Input data
-- Opening Marker --

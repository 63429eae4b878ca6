// What a letter of a subject does to the sinks.
ghost use Rattle.std.specs.Prelude.{◌≡◌, ℕ, Option, vec_len};
ghost use Rattle.rx_sink.specs.Attachments.{attaching};
ghost use Rattle.rx_sink.specs.KeptSinks.{Tends, events_asked, sinks};
ghost use Rattle.rx_sink.specs.Rests.{HasRoomFor};
ghost use Rattle.rx_drain.specs.Drainers.{Finishes};
ghost use Rattle.rx_drain.specs.Logs.{service_of, sink_in};

use rx_heap::Heap;
use rx_pump::Out;
use rx_sink::{Asks, Kept, Places, Rests, Sink, attach, detach, give};

// A sink, a note or the leaving of an observer comes from a subject. It answers what the subject is to be asked. A sink that is left
// unserved is finished, as it came.
#[inline(always)] // once for each note
pub(crate) fn serve_out<S: Sink>(
    kept: &mut Vec<Kept<S>, Heap>,
    away: &mut Rests<S::Rest>,
    places: &mut Places,
    taken: &mut u64,
    subject: u32,
    out: Out<S>,
) -> Asks
    requires room { HasRoomFor (vec_len kept.old) away.old }
    ensures room { HasRoomFor (vec_len kept.new) away.new }
    ensures keeps { away.new.keeps ≡ away.old.keeps }
    ensures serves { (unserved : Option S) × ((place : ℕ) → Tends S.acts (service_of place subject out)
        (sinks kept.old.items away.old.items places.old.misses taken.old) (sinks kept.new.items away.new.items places.new.misses taken.new) (events_asked result) unserved) }
{
    match out {
        Out::Give { who, note } => give(kept, away, places, taken, subject, who, note),
        Out::Attach { who, sink } => serve_sink(kept, away, places, subject, who, sink),
        Out::Detach { who } => detach(kept, away, places, subject, who),
    }
}

// The same of a sink.
#[inline(never)] // rare, and a note makes no room for it
fn serve_sink<S: Sink>(
    kept: &mut Vec<Kept<S>, Heap>,
    away: &mut Rests<S::Rest>,
    places: &mut Places,
    subject: u32,
    who: u32,
    sink: S,
) -> Asks
    requires room { HasRoomFor (vec_len kept.old) away.old }
    ensures room { HasRoomFor (vec_len kept.new) away.new }
    ensures keeps { away.new.keeps ≡ away.old.keeps }
    ensures serves { (unserved : Option S) × ((place taken : ℕ) → Tends S.acts (attaching place subject who sink)
        (sinks kept.old.items away.old.items places.old.misses taken) (sinks kept.new.items away.new.items places.new.misses taken) (events_asked result) unserved) }
{
    let (asks, unserved) = attach(kept, away, places, subject, who, sink);
    let _rest = finish_unserved(unserved);
    asks
}

// The same where the drainer has left, or the leave port sends it: what comes is discarded, and a sink finished, as it came.
#[inline(never)] // the same
pub(crate) fn discard<S: Sink>(out: Out<S>) {
    let _rest = finish_unserved(into_sink(out));
}

// The sink that comes by a letter, if one does.
fn into_sink<S: Drop>(out: Out<S>) -> Option<S>
    ensures { result ≡ sink_in out }
{
    match out {
        Out::Attach { who: _, sink } => Some(sink),
        _ => None,
    }
}

// Finishes a sink that is left unserved, as it came. It answers what the sink left.
fn finish_unserved<S: Sink>(unserved: Option<S>) -> Option<S::Rest>
    ensures { Finishes S.acts unserved result }
{
    match unserved {
        Some(sink) => Some(sink.finish()),
        None => None,
    }
}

-- Closing Marker --

Aim of the exercise
The entries are to be duplicated exactly, with nothing changed.

Exercise response
repository 63429eae4b878ca6
// What a letter of a subject does to the sinks.
ghost use Rattle.std.specs.Prelude.{◌≡◌, ℕ, Option, vec_len};
ghost use Rattle.rx_sink.specs.Attachments.{attaching};
ghost use Rattle.rx_sink.specs.KeptSinks.{Tends, events_asked, sinks};
ghost use Rattle.rx_sink.specs.Rests.{HasRoomFor};
ghost use Rattle.rx_drain.specs.Drainers.{Finishes};
ghost use Rattle.rx_drain.specs.Logs.{service_of, sink_in};

use rx_heap::Heap;
use rx_pump::Out;
use rx_sink::{Asks, Kept, Places, Rests, Sink, attach, detach, give};

// A sink, a note or the leaving of an observer comes from a subject. It answers what the subject is to be asked. A sink that is left
// unserved is finished, as it came.
#[inline(always)] // once for each note
pub(crate) fn serve_out<S: Sink>(
    kept: &mut Vec<Kept<S>, Heap>,
    away: &mut Rests<S::Rest>,
    places: &mut Places,
    taken: &mut u64,
    subject: u32,
    out: Out<S>,
) -> Asks
    requires room { HasRoomFor (vec_len kept.old) away.old }
    ensures room { HasRoomFor (vec_len kept.new) away.new }
    ensures keeps { away.new.keeps ≡ away.old.keeps }
    ensures serves { (unserved : Option S) × ((place : ℕ) → Tends S.acts (service_of place subject out)
        (sinks kept.old.items away.old.items places.old.misses taken.old) (sinks kept.new.items away.new.items places.new.misses taken.new) (events_asked result) unserved) }
{
    match out {
        Out::Give { who, note } => give(kept, away, places, taken, subject, who, note),
        Out::Attach { who, sink } => serve_sink(kept, away, places, subject, who, sink),
        Out::Detach { who } => detach(kept, away, places, subject, who),
    }
}

// The same of a sink.
#[inline(never)] // rare, and a note makes no room for it
fn serve_sink<S: Sink>(
    kept: &mut Vec<Kept<S>, Heap>,
    away: &mut Rests<S::Rest>,
    places: &mut Places,
    subject: u32,
    who: u32,
    sink: S,
) -> Asks
    requires room { HasRoomFor (vec_len kept.old) away.old }
    ensures room { HasRoomFor (vec_len kept.new) away.new }
    ensures keeps { away.new.keeps ≡ away.old.keeps }
    ensures serves { (unserved : Option S) × ((place taken : ℕ) → Tends S.acts (attaching place subject who sink)
        (sinks kept.old.items away.old.items places.old.misses taken) (sinks kept.new.items away.new.items places.new.misses taken) (events_asked result) unserved) }
{
    let (asks, unserved) = attach(kept, away, places, subject, who, sink);
    let _rest = finish_unserved(unserved);
    asks
}

// The same where the drainer has left, or the leave port sends it: what comes is discarded, and a sink finished, as it came.
#[inline(never)] // the same
pub(crate) fn discard<S: Sink>(out: Out<S>) {
    let _rest = finish_unserved(into_sink(out));
}

// The sink that comes by a letter, if one does.
fn into_sink<S: Drop>(out: Out<S>) -> Option<S>
    ensures { result ≡ sink_in out }
{
    match out {
        Out::Attach { who: _, sink } => Some(sink),
        _ => None,
    }
}

// Finishes a sink that is left unserved, as it came. It answers what the sink left.
fn finish_unserved<S: Sink>(unserved: Option<S>) -> Option<S::Rest>
    ensures { Finishes S.acts unserved result }
{
    match unserved {
        Some(sink) => Some(sink.finish()),
        None => None,
    }
}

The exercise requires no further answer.